Case Report:
A 7-year-old girl presented to our children hospital with exertional
dyspnea and easy fatigability and frequent respiratory tract infections.
The patients did not have any significant antenatal, natal, and neonatal
history. She had normal intelligence and was doing well at school. The
lips and fingernails were mildly cyanotic without clubbing. The oxygen
saturation was 85% by pulse oximetry on room air. Arterial blood gas on
room air showed hypoxia with PaO2 of 50 mmHg and SaO2of 83%. On general
examination, she had short stature, narrow thorax, short fingers and
toes, bilateral polydactyly of hands (Figure 1) and left foot.
Fingernails and toenails were markedly hypoplastic, thin and wrinkled.
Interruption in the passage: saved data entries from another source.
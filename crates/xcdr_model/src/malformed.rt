ghost use Rattle.std.specs.Prelude.{◌≡◌, Some};
ghost use Rattle.xcdr_model.specs.Words.{why_text};

use std::fmt;

/// Why a sample is malformed (DDS-XTypes 1.3, 7.4; the list is this profile's own). The first fault in reading order counts.
#[derive(Debug, Clone, Copy, PartialEq, Eq)]
pub enum Why {
    /// Fewer than 4 octets, an identifier that isn't the reader's type's, or more counted padding than body.
    Encapsulation,
    /// A number, header or text doesn't fit in its region.
    Short,
    /// A boolean or presence octet is neither 0 nor 1.
    Boolean,
    /// A text with count 0, without NUL at its end, or with a NUL before. Printed as STRING.
    Str,
    /// A bit at or above a bitmask's bit bound.
    Mask,
    /// A DHEADER counts past the enclosing region.
    Dheader,
    /// A member's length passes the region.
    MemberSize,
    /// Octets of a region inside the body are left that no rule passes over.
    LengthRest,
    /// An id of the reader's type comes again in one structure.
    Twice,
    /// An id that no member can have.
    MemberId,
    /// An extended header whose length isn't 8, or an optional member's header with another id.
    Parameter,
    /// Octets are left after the top value.
    Trailing,
}

/// The first fault of a malformed sample: its place, an octet's offset, and why.
#[derive(Debug, Clone, Copy, PartialEq, Eq)]
pub struct Fault {
    pub at: u64,
    pub why: Why,
}

impl Why {
    /// The word that is printed for it.
    pub fn word(self) -> &'static str
        ensures { result.now ≡ why_text self }
    {
        match self {
            Why::Encapsulation => "ENCAPSULATION",
            Why::Short => "SHORT",
            Why::Boolean => "BOOLEAN",
            Why::Str => "STRING",
            Why::Mask => "MASK",
            Why::Dheader => "DHEADER",
            Why::MemberSize => "MEMBER_SIZE",
            Why::LengthRest => "LENGTH_REST",
            Why::Twice => "TWICE",
            Why::MemberId => "MEMBER_ID",
            Why::Parameter => "PARAMETER",
            Why::Trailing => "TRAILING",
        }
    }
}

impl fmt::Display for Why {
    ghost output = { λ x. Some (why_text x) };

    fn fmt<W: fmt::Write>(&self, f: &mut fmt::Formatter<W>) -> fmt::Result {
        f.write_str(self.word())
    }
}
In oral examination, anterior teeth were conical. Examination of the
cardiovascular system revealed a 3/6 short systolic murmur at the left
lower sternal border and a loud second heart sound. The
electrocardiogram revealed left axis deviation, with complete right
bundle branch block in leads V1,V2. The chest X-ray showed cardiomegaly
with dilated main pulmonary artery and its branches. Transthoracic
echocardiogram (TTE) showed common atrium and PAVSD with moderate mitral
regurgitation (MR), mild tricuspid valve regurgitation, and moderate
pulmonary hypertension. A clinical diagnosis of EVC syndrome was
established. Based on the pre-operative findings, the patient was
planned for surgical repair of PAVSD and common atrium. The operation
was performed through median sternotomy. Total cardiopulmonary bypass
was prepared, the aorta was cross-clamped, and the heart was arrested by
antegrade cardioplegic solution. A right atrial incision was made
parallel to the right atrioventricular groove, and the intracardiac
anatomy was explored. There was DOMV (Figure 2), which was not diagnosed
by preoperative TTE. The greater orifice of the mitral valve was similar
to that in the classic PAVSD, and consisted of three leaflets (left
superior leaflet (LSL), left inferior leaflet (LIL), and left lateral
leaflet). This orifice (The greater one) of the mitral valve was
repaired by suturing the free edges of LSL and LIL to each other by fine
6/0 Prolene sutures, thus converting it to a bileaflet valve (Figure 3).
The other small orifice was left intact to avoid any possible mitral
stenosis. Saline test showed excellent result with trivial residual MR.
There was complete absence of the atrial septum without any remnants. A
new atrial septum was constructed by an autologous fresh pericardial
patch. The remainder of the operation progressed uneventfully and
without any conduction disturbances. Postoperative TTE showed no
residual shunt across the new atrial septum, and trivial MR. The
postoperative period was uneventful, and the arterial blood gas showed
normal oxygenation. The patient was discharged in stable condition, and
has been on regular follow-up for last 6 months without any complains.